Now, suppose that $G_1^{\alpha }\left(k\right)$ and $G_2^{\alpha }\left(k\right)$ are the fractional differential transforms of the functions $g_1\left(t\right)$ and $g_2\left(t\right)$, respectively. Therefore, by applying the FDTM to conditions (2) and (3), we have the initial conditions

$$\begin{array}{c}\hfill U_i^{\alpha }\left(0\right)=f_1\left(x_i\right),\\ \hfill U_i^{\alpha }\left({\displaystyle \frac{1}{\alpha }}\right)=f_2\left(x_i\right),\end{array}$$

(10)

and the boundary conditions

$$\begin{array}{c}\hfill U_0^{\alpha }\left(k\right)=G_1^{\alpha }\left(k\right),\\ \hfill U_N^{\alpha }\left(k\right)=G_2^{\alpha }\left(k\right),\end{array}$$

(11)

We rewrite relations (9)–(11) as follows:

$$\begin{array}{cc}\hfill U_i^{\alpha }(k+{\displaystyle \frac{2\gamma }{\alpha }})={\displaystyle \frac{\Gamma (k\alpha +1)}{\Gamma (k\alpha +2\gamma +1)}}& \left[\nu {\displaystyle \frac{U_{i-1}^{\alpha }\left(k\right)-2U_i^{\alpha }\left(k\right)+U_{i+1}^{\alpha }\left(k\right)}{h^2}}-\mu U_i^{\alpha }\left(k\right)+q_i^{\alpha }\left(k\right)\right]\hfill \end{array}$$

$$\begin{array}{c}\hfill -2\lambda {\displaystyle \frac{\Gamma (k\alpha +\gamma +1)}{\Gamma (k\alpha +2\gamma +1)}}{U}_i^{\alpha }(k+{\displaystyle \frac{\gamma }{\alpha }}),\forall k\ge 0\end{array}$$

(12)

$$\begin{array}{c}\hfill U_i^{\alpha }\left(0\right)=f_1\left(ih\right),\\ \hfill U_i^{\alpha }\left({\displaystyle \frac{1}{\alpha }}\right)=f_2\left(ih\right),\end{array}$$

(13)

$$\begin{array}{c}\hfill U_0^{\alpha }\left(k\right)=G_1^{\alpha }\left(k\right),\\ \hfill U_N^{\alpha }\left(k\right)=G_2^{\alpha }\left(k\right).\end{array}$$

(14)

Also, according to [9], the unknown coefficients $U_i^{\alpha }\left(1\right),U_i^{\alpha }\left(2\right),\dots ,U_i^{\alpha }({\displaystyle \frac{2\gamma }{\alpha }}-1)$, will be available as follows:

$$U_i^{\alpha }\left(k\right)=\left\{\begin{array}{c}{\displaystyle \frac{1}{\Gamma (k\alpha +1)}}{\left[{\displaystyle \frac{d^{k\alpha }}{d{t}^{k\alpha }}}{u}_i\left(t\right)\right]}_{t=0},\mathrm{if}k\alpha \in {\mathbb{Z}}^{+}\hfill \\ \hfill & \forall k=0,1,\dots ({\displaystyle \frac{2\gamma }{\alpha }}-1).\hfill \\ 0,\mathrm{if}k\alpha \notin {\mathbb{Z}}^{+}\hfill \end{array}\right.$$

(15)

Therefore, all the unknown coefficients $U_i^{\alpha }\left(k\right),i=0,1,2,\dots ,N$,$\forall k\ge 0$ are calculated according to the recursive formula (12) and relations (13)–(15).

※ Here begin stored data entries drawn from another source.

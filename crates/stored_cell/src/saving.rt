// A stored cell as what a keeper makes a round of, under one hold of its lock.
ghost use Rattle.std.specs.Prelude.{◌≡◌, ◌+◌, ◌⊎◌, ◌↔◌, All, IfErr, OnOk, OnErr, Err, None, Some, is_none, length, true, false};
ghost use Rattle.position_core.specs.declared.fault.Fault.TheVariants.{NoMemory, JournalFull};
ghost use Rattle.delivery_machine.specs.Snapshot.{snapshot_of};
ghost use Rattle.delivery_machine.specs.Places.{snapshot_in};
ghost use Rattle.delivery_machine.specs.declared.event.Event.TheVariants.{Stored};
ghost use Rattle.topic_shared.specs.Kept.{HasNoLine, StoresLine, with_promise};
ghost use Rattle.stored_cell.specs.Held.{IsBeginning, bases_of};

use crate::bases::Bases;
use crate::cell::StoredCell;
use crate::confirming::bases_of;
use crate::kept::Kept;
use crate::viewed::Stored as StoredAs;
use delivery_machine::{Fault, Opened, Reply, Saved, Snapshot};
use marks::Naming;

impl<T: Opened + Drop, J: Naming> Saved for StoredCell<T, J> {
    ghost use Rattle.stored_cell.specs.Held.{SameButPromise};

    ghost saved = { λ h. h.cell.state };

    ghost Same = { SameButPromise };

    ghost has_room = { λ h. h.cell.promised };

    fn ready(&mut self) -> Result<(), Fault> {
        self.cell.promise()
    }

    fn view(&self) -> Result<Snapshot, Fault> {
        self.cell.view()
    }

    fn stored(&mut self) -> Reply {
        Reply::Durable(self.store_all())
    }
}

impl<T: Opened + Drop, J: Naming> StoredCell<T, J> {
    /// The marks of what the topic goes on from: of the snapshot that was stored last, and of the one that was viewed
    /// since, where it was not confirmed.
    pub fn bases(&self) -> Bases<J>
        ensures value { result ≡ bases_of self.now }
        ensures begins { All (IsBeginning self.now.cell.state) result }
    {
        bases_of(&self.stored, &self.outstanding)
    }

    /// Whether no store of the topic was confirmed.
    pub fn is_unstored(&self) -> bool
        ensures { result ≡ is_none self.now.stored }
    {
        self.stored.is_none()
    }

    /// Keeps a line for what a round is about to make durable, as `Cell::promise` does.
    pub fn promise(&mut self) -> Result<(), Fault>
        ensures ok { OnOk result ((self.new ≡ record self.old { cell = with_promise self.old.cell }) × (self.new.cell.promised ≡ true)) }
        ensures err { OnErr result (self.new ≡ self.old) }
        ensures faults { IfErr result (λ fault. (fault ≡ NoMemory) ⊎ (fault ≡ JournalFull)) }
        ensures full { (result ≡ Err JournalFull) ↔ HasNoLine self.old.cell }
    {
        self.cell.promise()
    }

    /// The cell's own line of a store of all that the topic has.
    fn store_all(&mut self) -> u64
        requires { self.old.cell.promised ≡ true }
        ensures line { StoresLine (record self.old.cell { viewed = self.old.cell.state; unsaved = false }) Stored result self.new.cell }
        ensures stored { (self.new.stored ≡ self.old.stored) × (self.new.outstanding ≡ None) }
        ensures word { self.new.by_word ≡ true }
    {
        let durable = self.cell.store_all();
        self.by_word = true;
        self.outstanding = None;
        durable
    }

    /// Makes durable all that the topic has, since it stands in rows that were committed: a snapshot up to
    /// so many of all messages that the topic had. How much is durable then.
    pub fn confirm_all(&mut self, kept: Kept<J>, count: u64) -> u64
        requires promised { self.old.cell.promised ≡ true }
        requires now { snapshot_in kept.kept ≡ snapshot_of self.old.cell.state }
        requires count { count ≡ kept.kept.gone + length kept.kept.log }
        ensures line { StoresLine (record self.old.cell { viewed = self.old.cell.state; unsaved = false }) Stored result self.new.cell }
        ensures stored { (self.new.stored ≡ Some kept) × (self.new.outstanding ≡ None) }
        ensures word { self.new.by_word ≡ false }
    {
        let durable = self.cell.store_all();
        self.by_word = false;
        self.stored = Some(StoredAs::new(kept, count));
        self.outstanding = None;
        durable
    }
}
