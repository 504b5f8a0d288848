// What is left of a topic that may be deleted.
ghost use Rattle.std.specs.Prelude.{◌≡◌, ◌≤◌, ◌+◌, ◌^◌, ◌↔◌, [], All, IfOk, IfErr, IfSome, IsSome, IsTrue, length};
ghost use Rattle.position_core.specs.declared.fault.Fault.TheVariants.{NoMemory};
ghost use Rattle.delivery_machine.specs.Places.{KeptPlaces, snapshot_in};
ghost use Rattle.delivery_machine.specs.Snapshot.{snapshot_of};
ghost use Rattle.topic_lives.specs.Deleting.{IsDeletable, emptied};

use crate::cell::StoredCell;
use crate::viewed::had_at;
use delivery_machine::{Fault, KeptSubscription, Opened, Saved, Snapshot, TopicName};
use marks::Naming;
use std::alloc::Global;
use std::marker::Model;
use topic_lives::emptied;

/// The most messages that a topic may have had that is deleted.
const MOST_HAD: u64 = 1 << 62;

/// What is left of a topic that may be deleted: its numbers, and who moved dead letters to it. Only `StoredCell::deletion`
/// makes one. Contracts see what is kept.
#[derive(Drop)]
pub struct Deletion {
    left: Snapshot,
}

impl Model for Deletion {
    ghost use Rattle.std.specs.Coded.{codes};
    ghost use Rattle.delivery_machine.specs.Codes.{coded_places, coded_counts};
    ghost use Rattle.delivery_machine.specs.Places.{KeptTopic};

    ghost Value = { KeptTopic };

    ghost coded = { Prim.hlevel (codes, coded_places, coded_counts) };

    ghost view = { λ d. d.left };
}

impl Deletion {
    /// The topic's name.
    pub fn name(&self) -> &TopicName
        ensures { result.now ≡ self.now.name }
    {
        self.left.name()
    }

    /// What is left, to look at.
    pub fn snapshot(&self) -> &Snapshot
        ensures { result.now ≡ self.now }
    {
        &self.left
    }

    /// What is left, to be stored.
    pub fn into_snapshot(self) -> Snapshot
        ensures { result ≡ self }
    {
        let Deletion { left } = self;
        left
    }
}

fn have_no_letter(subscriptions: &[KeptSubscription]) -> bool
    ensures { IsTrue result ↔ All (λ (sub : KeptPlaces). sub.dead ≡ []) subscriptions.now }
{
    subscriptions.iter().all(|sub| sub.dead.is_empty())
}

/// Whether no dead letter waits in it to be moved, and it had no more messages than one that is deleted may.
fn may_go(snapshot: &Snapshot) -> bool
    ensures { IsTrue result ↔ All (λ (sub : KeptPlaces). sub.dead ≡ []) snapshot.now.subscriptions × (snapshot.now.gone + length snapshot.now.log ≤ 2 ^ 62) }
{
    have_no_letter(snapshot.subscriptions()) && had_at(snapshot) <= MOST_HAD
}

/// What is left of the topic whose snapshot this is, where that may go.
fn left_of(alloc: Global, snapshot: &Snapshot) -> Result<Option<Deletion>, Fault>
    ensures may { IfOk result (λ found. IsSome found ↔ All (λ (sub : KeptPlaces). sub.dead ≡ []) snapshot.now.subscriptions × (snapshot.now.gone + length snapshot.now.log ≤ 2 ^ 62)) }
    ensures left { IfOk result (λ found. IfSome found (λ deletion. snapshot_in deletion ≡ emptied (snapshot_in snapshot.now))) }
    ensures err { IfErr result (λ fault. fault ≡ NoMemory) }
{
    if !may_go(snapshot) {
        return Ok(None);
    }
    match emptied(alloc, snapshot) {
        Ok(left) => Ok(Some(Deletion { left })),
        Err(_) => Err(Fault::NoMemory),
    }
}

impl<T: Opened + Drop, J: Naming> StoredCell<T, J> {
    /// What is left of the topic, where it may be deleted: nobody is there, no dead letter is left that was not moved, and it had
    /// at most 2^62 messages. It looks at a snapshot only where nobody is connected. Refused (F1) for want of memory.
    pub fn deletion(&self, alloc: Global) -> Result<Option<Deletion>, Fault>
        ensures may { IfOk result (λ found. IsSome found ↔ IsDeletable self.now.cell.state) }
        ensures left { IfOk result (λ found. IfSome found (λ deletion. snapshot_in deletion ≡ emptied (snapshot_of self.now.cell.state))) }
        ensures err { IfErr result (λ fault. fault ≡ NoMemory) }
    {
        if !self.cell.is_vacant() {
            return Ok(None);
        }
        match self.cell.view() {
            Ok(snapshot) => {
                let found = left_of(alloc, &snapshot);
                drop(snapshot);
                found
            }
            Err(fault) => Err(fault),
        }
    }
}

4. Convergence of FD-FDTM for FTE

Here, we discuss the convergence of FD-FDTM for solving the FTE (1). First, we present the following lemma [40].

Lemma 1. 

Suppose that for some $k_0\in {\mathbb{N}}_0$ and for every $j\ge k_0$, there exist $0<{\delta }_j<1$ such that $\parallel {\phi }_{j+1}\parallel \le {\delta }_{j+1}\parallel {\phi }_j\parallel$, $(\parallel {\phi }_j\parallel =ma{x}_t|{\phi }_j\left(t\right)\left|\right)$. Then the series ${\sum }_{k=0}^{\infty }{\phi }_k\left(t\right)$ converges to $u\left(t\right)$.

Proof. 

Consider the sequence $s_0,s_1,s_2,\dots$, where $s_n={\sum }_{k=0}^n{\phi }_k\left(t\right)$. To prove the lemma, we show the sequence $s_n$ is a Cauchy sequence in $(C\left[[0,1]\right],\parallel .{\parallel }_{\infty })$.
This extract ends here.